Using scores, write code to calculate $\hat{y}$, the class predictions:

# Find the most positive (and negative) review

We now turn to examining the full test dataset, **test_data**, and use GraphLab Create to form predictions on all of the test data points for faster performance.

Using the `sentiment_model`, find the 20 reviews in the entire **test_data** with the **highest probability** of being classified as a **positive review**. We refer to these as the "most positive reviews."

To calculate these top-20 reviews, use the following steps:
1.  Make probability predictions on **test_data** using the `sentiment_model`. (**Hint:** When you call `.predict` to make predictions on the test data, use option `output_type='probability'` to output the probability rather than just the most likely class.)
2.  Sort the data according to those predictions and pick the top 20. (**Hint:** You can use the `.topk` method on an SFrame to find the top k rows sorted according to the value of a specified column.)

## Compute accuracy of the classifier

We will now evaluate the accuracy of the trained classifer.

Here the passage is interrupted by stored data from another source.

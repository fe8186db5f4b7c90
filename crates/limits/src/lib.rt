// The limits of networks and plans: their one home in the code. specs/Limits.antt has the same numbers for the definitions;
// every contract is an equation between the two, so a difference fails the proofs.
#![tactic(auto)]

pub const FEWEST_PLACES: u32 = 2;

pub const MOST_PLACES: u32 = 64;

pub const FEWEST_LINKS: u32 = 1;

pub const MOST_LINKS: u32 = 256;

pub const MOST_CAPACITY: u32 = 10000;

pub const MOST_TRANSIT: u32 = 1000;

pub const LEAST_AMOUNT: u32 = 1;

pub const MOST_AMOUNT: u32 = 100000000;

// The horizon to be tried. The longest: the largest amount through the longest chain, one block a slot.
pub const LONGEST_HORIZON: u32 = 100063000;

// The horizon of a plan.
pub const LEAST_PLAN_HORIZON: u32 = 1;

pub const LONGEST_PLAN_HORIZON: u32 = 100063000;

pub const MOST_CUT_NUMBER: u32 = 100063000;

pub const LATEST_FIRST: u32 = 100063000;

pub const MOST_DEPARTURES: u32 = 100063000;

pub const FEWEST_ROWS: u32 = 1;

pub const MOST_ROWS: u32 = 257;

pub const FEWEST_ROW_LINKS: u32 = 1;

pub const MOST_ROW_LINKS: u32 = 63;

// The length of a row: as many links as it may have, each with the longest transit.
pub const LONGEST_LENGTH: u32 = MOST_ROW_LINKS * MOST_TRANSIT;

pub const LEAST_RATE: u32 = 1;

pub const MOST_RATE: u32 = 10000;

pub const LEAST_DEPARTURES: u32 = 1;

// The octets of the network record that a plan carries.
pub const MOST_NETWORK_OCTETS: u32 = 1541;

// What planning asks of its buffer, in octets.
pub const PLAN_BUFFER: usize = 38912;

// A log's entries.
pub const MOST_LOG_ENTRIES: u32 = 4096;

// The blocks of one entry.
pub const MOST_LOG_BLOCKS: u32 = 10000;

// The distance between two stamps from which on an entry is refused.
pub const FAR_STAMP: u32 = 2147483648;

pub const LATEST_LOGGED_SLOT: u32 = 100063000;
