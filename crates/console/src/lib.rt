// The input as it arrives, byte by byte: a line is held until its newline, and then answered.
#![tactic(auto)]

ghost use Rattle.std.specs.Prelude.{◌≡◌, [], ◌∷◌, ◌++◌, ◌≤◌, length};
ghost use Rattle.ascii.specs.Text.{byte};
ghost use Rattle.protocol.specs.Console.{held, shown_at, held_at, journal_at, shown_at_end, journal_at_end};
ghost use Rattle.protocol.specs.Reply.{reply_to, journal_after_line};
ghost use Rattle.console.specs.Keys.{shown};

use arrayvec::ArrayVec;
use commands::reply;
use protocol::HELD_SIZE;
use std::marker::Model;
use text::Text;

// A line as it is keyed: its bytes so far. A line over 64 bytes is refused, whatever its other bytes are, so none is held after the 65th.
#[derive(Drop)]
pub struct Line {
    bytes: ArrayVec<u8, HELD_SIZE>,
}

impl Model for Line {
    ghost use Rattle.std.specs.Prelude.{List, ℕ};

    ghost Value = { List ℕ };

    ghost view = { λ l. l.bytes.items };
}

impl Line {
    pub fn new() -> Line
        ensures { result ≡ [] }
    {
        Line {
            bytes: ArrayVec::new(),
        }
    }

    pub fn as_bytes(&self) -> &[u8]
        ensures value { result.now ≡ self.now }
        ensures fits { length result.now ≤ 65 }
    {
        self.bytes.as_slice()
    }

    #[tactic(auto, using(crate::proofs::Holding::held_full, crate::proofs::Holding::held_room))]
    fn hold(&mut self, byte: u8)
        ensures { self.new ≡ held self.old byte }
    {
        if !self.bytes.is_full() {
            self.bytes.push(byte);
        }
    }

    // Takes a byte of the input, after the bytes held of its line. A newline gives the reply to the line, with a newline.
    pub fn key(&mut self, journal: &mut [u8], byte: u8) -> Option<Text>
        ensures shown { shown result ≡ shown_at byte self.old journal.old }
        ensures line_held { self.new ≡ held_at byte self.old }
        ensures journal_after { journal.new ≡ journal_at byte self.old journal.old }
    {
        if byte != b'\n' {
            self.hold(byte);
            return None;
        }
        let answer = answer(journal, self.as_bytes());
        self.bytes.clear();
        Some(answer)
    }
}

// The reply to a line, and a newline.
fn answer(journal: &mut [u8], line: &[u8]) -> Text
    ensures shown { result ≡ reply_to line.now journal.old ++ (byte "\n" ∷ []) }
    ensures journal_after { journal.new ≡ journal_after_line line.now journal.old }
{
    let mut text = Text::new();
    reply(journal, line, &mut text);
    text.put(b"\n");
    text
}

// The end of the input: the bytes held, if any, are a last line without newline.
pub fn end_input(journal: &mut [u8], line: &[u8]) -> Option<Text>
    ensures shown { shown result ≡ shown_at_end line.now journal.old }
    ensures journal_after { journal.new ≡ journal_at_end line.now journal.old }
{
    if line.is_empty() {
        return None;
    }
    Some(answer(journal, line))
}
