// Which calls are refused, and by which refusal: the tests of the one table of refusals (`refusals` of the crate reference), in its order. The rows of an entry
// of its own are in the crates change_decision and engine_decision. Nothing is written.
#![tactic(auto)]

ghost use Rattle.std.specs.Prelude.{◌≡◌, [], IfOk, Some};
ghost use Rattle.conditions.specs.Rows.{first};
ghost use Rattle.year.specs.Model.{NoSetup};
ghost use Rattle.journal.specs.Read.{read_journal};
ghost use Rattle.reference.specs.Call.{Marks, Report, ReadStatus, Write, SetUp, Ask};
ghost use Rattle.report_scan.specs.Rows.{report_rows};
ghost use Rattle.reference.specs.Refusals.{refusal};
ghost use Rattle.reference.specs.Refused.{refused};
ghost use Rattle.reference.specs.Answers.{refusal_on};
ghost use Rattle.slots.specs.Scanned.{year_of};
ghost use Rattle.refusals.specs.Parts.{year_rows, entry_rows};

use columns::LINE_SIZE;
use journal::JOURNAL_SIZE;
use progress::Progress;
use reference::Refusal;
use report_scan::{Rows, scan_rows};
use scan::scan_bytes;
use schedule::{factors_in_range, production_in_range, standards_in_range};
use verdicts::verdict::closed;
use year::{MOST_EVENTS, Setup};

// Refusals 4, 5 and 6, for a setup on a buffer of a journal's size. Setup does not test what the buffer holds.
#[tactic(auto, unfolding(reference::specs::Refusals::refusal, reference::specs::Refusals::refusals))]
pub fn check_setup(s: Setup) -> Result<(), Refusal>
    ensures { refused result ≡ refusal 544 (SetUp s) NoSetup }
{
    if !production_in_range(s) {
        return Err(Refusal::ProductionRange);
    }
    if !standards_in_range(s.standards) {
        return Err(Refusal::StandardRange);
    }
    if !factors_in_range(s) {
        return Err(Refusal::FactorRange);
    }
    Ok(())
}

// Refusals 3, 4, 5 and 6, for a setup on a buffer of any size.
#[tactic(auto, unfolding(reference::specs::Refusals::refusal, reference::specs::Refusals::refusals))]
pub fn setup_refusal(journal: &[u8], s: Setup) -> Result<(), Refusal>
    ensures { refused result ≡ refusal_on (SetUp s) journal.now }
{
    if journal.len() != JOURNAL_SIZE {
        return Err(Refusal::JournalSize);
    }
    check_setup(s)
}

// Refusals 3 and 7; otherwise the year that the journal holds.
#[tactic(auto, unfolding(reference::specs::Refusals::refusal, reference::specs::Refusals::refusals))]
pub fn check_status(journal: &[u8]) -> Result<Progress, Refusal>
    ensures refusal { refused result ≡ refusal_on (Ask ReadStatus) journal.now }
    ensures year { IfOk result (λ p. Some p ≡ year_of (read_journal journal.now)) }
{
    let journal = journal.as_array().ok_or(Refusal::JournalSize)?;
    scan_bytes(journal).ok_or(Refusal::NotAJournal)
}

// Refusals 3, 7 and 16, for an output of this size; otherwise the year that the journal holds.
#[tactic(auto, using(crate::proofs::Outputs::marks_refused))]
pub fn check_marks(journal: &[u8], size: usize) -> Result<Progress, Refusal>
    ensures refusal { refused result ≡ refusal_on (Ask (Write Marks size)) journal.now }
    ensures year { IfOk result (λ p. Some p ≡ year_of (read_journal journal.now)) }
{
    let p = check_status(journal)?;
    if size < 2 * p.engines.len() {
        return Err(Refusal::MarksSize);
    }
    Ok(p)
}

// Refusals 3 and 7, as for status; otherwise the year that the journal holds, and what the lines of its page show.
#[tactic(auto, unfolding(reference::specs::Refusals::refusal, reference::specs::Refusals::refusals))]
fn check_rows(journal: &[u8], rows: &mut Rows) -> Result<Progress, Refusal>
    requires { rows.old.items ≡ [] }
    ensures refusal { refused result ≡ refusal_on (Ask ReadStatus) journal.now }
    ensures year { IfOk result (λ p. Some p ≡ year_of (read_journal journal.now)) }
    ensures rows { IfOk result (λ p. rows.new.items ≡ report_rows p.tested) }
{
    let whole = journal.as_array().ok_or(Refusal::JournalSize)?;
    scan_rows(whole, rows).ok_or(Refusal::NotAJournal)
}

// Refusals 3, 7 and 18, for an output of this size; otherwise the same.
#[tactic(auto, using(crate::proofs::Outputs::report_refused))]
pub fn check_report(journal: &[u8], size: usize, rows: &mut Rows) -> Result<Progress, Refusal>
    requires { rows.old.items ≡ [] }
    ensures refusal { refused result ≡ refusal_on (Ask (Write Report size)) journal.now }
    ensures year { IfOk result (λ p. Some p ≡ year_of (read_journal journal.now)) }
    ensures rows { IfOk result (λ p. rows.new.items ≡ report_rows p.tested) }
{
    let p = check_rows(journal, rows)?;
    if size < LINE_SIZE * (p.engines.len() + 1) {
        return Err(Refusal::ReportSize);
    }
    Ok(p)
}

// Refusals 7, 8 and 9, which can apply to every entry; otherwise the year that the journal holds.
#[tactic(auto, using(crate::proofs::Open::open_none))]
pub fn open_year(journal: &[u8; JOURNAL_SIZE]) -> Result<Progress, Refusal>
    ensures refusal { refused result ≡ first (year_rows journal.now) 0 }
    ensures year { IfOk result (λ p. Some p ≡ year_of (read_journal journal.now)) }
{
    let p = scan_bytes(journal).ok_or(Refusal::NotAJournal)?;
    if closed(&p) {
        return Err(Refusal::YearClosed);
    }
    if MOST_EVENTS <= p.stored {
        return Err(Refusal::EventsFull);
    }
    Ok(p)
}

// Refusals 3, 7, 8 and 9, which can apply to every entry, on a buffer of any size, and in its place in the order 5, which applies if an amendment's standards are
// unfit; otherwise the year that the journal holds.
#[tactic(auto, using(crate::proofs::EntryRows::size_first, crate::proofs::EntryRows::then_unfit, crate::proofs::EntryRows::then_year))]
pub fn entry_refusal(journal: &[u8], unfit: bool) -> Result<Progress, Refusal>
    ensures refusal { refused result ≡ first (entry_rows unfit journal.now) 0 }
    ensures year { IfOk result (λ p. Some p ≡ year_of (read_journal journal.now)) }
{
    let bytes = journal.as_array().ok_or(Refusal::JournalSize)?;
    if unfit {
        return Err(Refusal::StandardRange);
    }
    open_year(bytes)
}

Recall that the accuracy is given by


$$
\mbox{accuracy} = \frac{\mbox{# correctly classified examples}}{\mbox{# total examples}}
$$

This can be computed as follows:

* **Step 1:** Use the trained model to compute class predictions (**Hint:** Use the `predict` method)
* **Step 2:** Count the number of data points when the predicted class labels match the ground truth labels (called `true_labels` below).
* **Step 3:** Divide the total number of correct predictions by the total number of data points in the dataset.

Complete the function below to compute the classification accuracy:

In [None]:
def get_classification_accuracy(model, data, true_labels):
    # First get the predictions
    ## YOUR CODE HERE
    ...
    
    # Compute the number of correctly classified examples
    ## YOUR CODE HERE
    ...

    # Then compute accuracy by dividing num_correct by total number of examples
    ## YOUR CODE HERE
    ...
    
    return accuracy

Now, let's compute the classification accuracy of the sentiment_model on the test_data.

In [None]:
get_classification_accuracy(sentiment_model, test_data, test_data['sentiment'])

Quiz Question: What is the accuracy of the sentiment_model on the test_data? Round your answer to 2 decimal places (e.g. 0.76).
Quiz Question: Does a higher accuracy value on the training_data always imply that the classifier is better?